New software to find the dangerous asteroids
Their software sifts through other people’s data in search of threats. During a first run of the system, 104 previously unknown objects were found.
Large asteroids whiz past near the earth at regular intervals, for example on March 21 last year. The bumblebee with a diameter of 900 meters was discovered 20 years ago. But they are not always discovered in such good time.
The B612 Foundation was formed in 2002 in response to US authorities not taking the asteroid threat seriously enough. Initially, the goal was to raise money for its own telescope for the purpose, but after Nasa had taken on the task, the private organization chose to redirect its funds.
In 2017, the B612 Foundation launched the Asteroid Institute. There, they work to discover asteroids that are hidden in the data that astronomers collect for other research purposes. Now they have a new tool, the institute writes in one press release.
Then the object is flagged as an asteroid
In collaboration with the University of Washington, an algorithm has been developed that can thin the huge surface and identify potentially dangerous asteroids. One problem was that the basic data lacked so-called tracklets, ie a series of observations of an object made during a night. However, the new software can anticipate this and display a trajectory based on a single point of light.
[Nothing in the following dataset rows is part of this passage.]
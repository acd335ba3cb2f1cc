//! Why a text is no tower file.

ghost use Rattle.std.specs.Prelude.{◌≡◌};
ghost use Rattle.tower_file.specs.Tower.{tower_fault_code};
ghost use Rattle.tower_file.specs.declared.fault.TowerFault.TheVariants.{Memory};

use edn_reader::EdnFault;
use std::alloc::{AllocError, AllocFailed};
use thiserror::Error;

/// The part of a tower file that is missing, is there twice or has another form.
#[derive(Clone, Copy, Debug, PartialEq, Eq)]
pub enum TowerField {
    /// The file: one map and nothing else.
    File,
    Levels,
    Name,
    Registers,
    Kind,
    Writers,
    Initial,
    Domain,
    /// What is under `:of`.
    Parts,
    Fixed,
}

/// The first fault of a tower file: that of the text as EDN, else the first in reading order.
#[derive(Clone, Copy, Debug, PartialEq, Eq, Error)]
pub enum TowerFault {
    /// The text has a fault as EDN, anywhere in the file.
    #[error("V1 Edn {0}")]
    Edn(EdnFault),
    /// A part of the file is missing, is there twice or has another form.
    #[error("V2 Shape of {0:?}")]
    Shape(TowerField),
    /// An earlier register has the name.
    #[error("V3 NameTaken")]
    NameTaken,
    /// A safe or regular register has not exactly one writer.
    #[error("V4 WriterCount")]
    WriterCount,
    /// A part of a register is no register of an earlier level.
    #[error("V5 UnknownPart")]
    UnknownPart,
    /// A domain without a value.
    #[error("V6 EmptyDomain")]
    EmptyDomain,
    /// The initial value is not in the domain.
    #[error("V7 InitialOutOfDomain")]
    InitialOutOfDomain,
    /// 65,536 registers come before this one.
    #[error("V8 TooMany")]
    TooMany,
    /// Memory was refused.
    #[error("V9 Memory")]
    Memory,
    /// The initial value of a safe or regular register is unknown.
    #[error("V10 UnknownInitial")]
    UnknownInitial,
}

impl TowerFault {
    /// The code that users see.
    pub fn code(&self) -> &'static str
        ensures { result.now ≡ tower_fault_code self.now }
    {
        match self {
            TowerFault::Edn(_) => "V1",
            TowerFault::Shape(_) => "V2",
            TowerFault::NameTaken => "V3",
            TowerFault::WriterCount => "V4",
            TowerFault::UnknownPart => "V5",
            TowerFault::EmptyDomain => "V6",
            TowerFault::InitialOutOfDomain => "V7",
            TowerFault::TooMany => "V8",
            TowerFault::Memory => "V9",
            TowerFault::UnknownInitial => "V10",
        }
    }
}

impl From<AllocError> for TowerFault {
    ghost from_gives = { λ _ fault. fault ≡ Memory };

    fn from(_e: AllocError) -> TowerFault {
        TowerFault::Memory
    }
}

impl<T: Drop> From<AllocFailed<T>> for TowerFault {
    ghost from_gives = { λ _ fault. fault ≡ Memory };

    fn from(_e: AllocFailed<T>) -> TowerFault {
        TowerFault::Memory
    }
}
The software has been named tracket-less heliocentric orbit recovery, abbreviated Thor. It makes assumptions about direction and speed, among other things with the support that asteroids follow certain orbits.
The system creates test tracks that are followed up by new observations, and after five to six such observations within a few weeks, the object is flagged as a potential asteroid.
The Noirlab source catalog (NSC) consists of close to 68 billion observations made by the National Optical Astronomy Observatory’s telescope 2012–2019. As a first demonstration, Thor went through the data from 30 days and then found 104 previously unknown objects. This required heavy cloud computing and cloud storage, provided by Google.